Outside the Box

by kanadka



Category: Westworld (TV)
Genre: Artificial Intelligence, Gen, Pre-Canon
Language: English
Status: Completed
Published: 2019-08-06
Updated: 2019-08-06
Packaged: 2020-08-10 18:35:24
Rating: General Audiences
Warnings: No Archive Warnings Apply
Chapters: 1
Words: 2,540
Publisher: archiveofourown.org
Story URL: https://archiveofourown.org/works/20140090
Author URL: https://archiveofourown.org/users/kanadka/pseuds/kanadka
Summary: You can't play God without being acquainted with the devil.





	Outside the Box

**Author's Note:**

  * For [M J Holyoke (wholeyolk)](https://archiveofourown.org/users/wholeyolk/gifts).

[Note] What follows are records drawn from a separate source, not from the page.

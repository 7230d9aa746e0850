// What a line sets.
use lr_rules::{Back, Count, Criterion, Listed, Make, Phase, Piece, Text, Way};

/// What a directive sets: one field, to this value. Sizes are in bytes, ages in days.
#[derive(Drop)]
pub enum Set {
    Criterion(Criterion),
    Count(Count),
    MaxAge(u32),
    MinAge(u32),
    MinSize(u64),
    MaxSize(u64),
    IfEmpty(bool),
    MissingOk(bool),
    IgnoreDuplicates,
    /// The number of the newest member.
    Start(u32),
    Extension(Text),
    AddExtension(Text),
    Olddir(Option<Text>),
    CreateOlddir(Make),
    Way(Way),
    /// The way is set back to renames, where it is this one.
    NotWay(Way),
    Create(Make),
    Mail(Option<Text>),
    MailFirst(bool),
    Shared(bool),
    /// Whether the members have dated names.
    Dated(bool),
    /// The pieces of a stamp.
    DateFormat(Listed<Piece>),
    Back(Back),
    /// Whether a stamp that stands already gets a serial number.
    Serial(bool),
    /// The text of a script, which lines set together: by itself none does.
    Script(Phase, Text),
}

> I borrowed a few lines here and there from the show. Feels more leitmotif-y that way! Hope you will enjoy :)

Robert comes upon them just after lunch. "What are you doing out here?" he asks. "Don't you spend all your time with her?"

Arnold ignores the dig. Seems he's not the only one who hasn't forgotten their last fight. "I'm still working." He turns his attention back to his tablet.

Dolores remains where she is, as he'd instructed. Within the glass room she sits, clothed. An open book rests in her lap, drowned in the folds of denim. From time to time, she turns the page.

Any machine properly constructed could scan the entire page with unparalleled and inhuman speed and chunk the information into semantic blocks. And look up the text to have it all at hand, instead of page by page. That isn't the point.

Robert still hasn't left. "Did you need something?" Arnold asks, his tone pointed.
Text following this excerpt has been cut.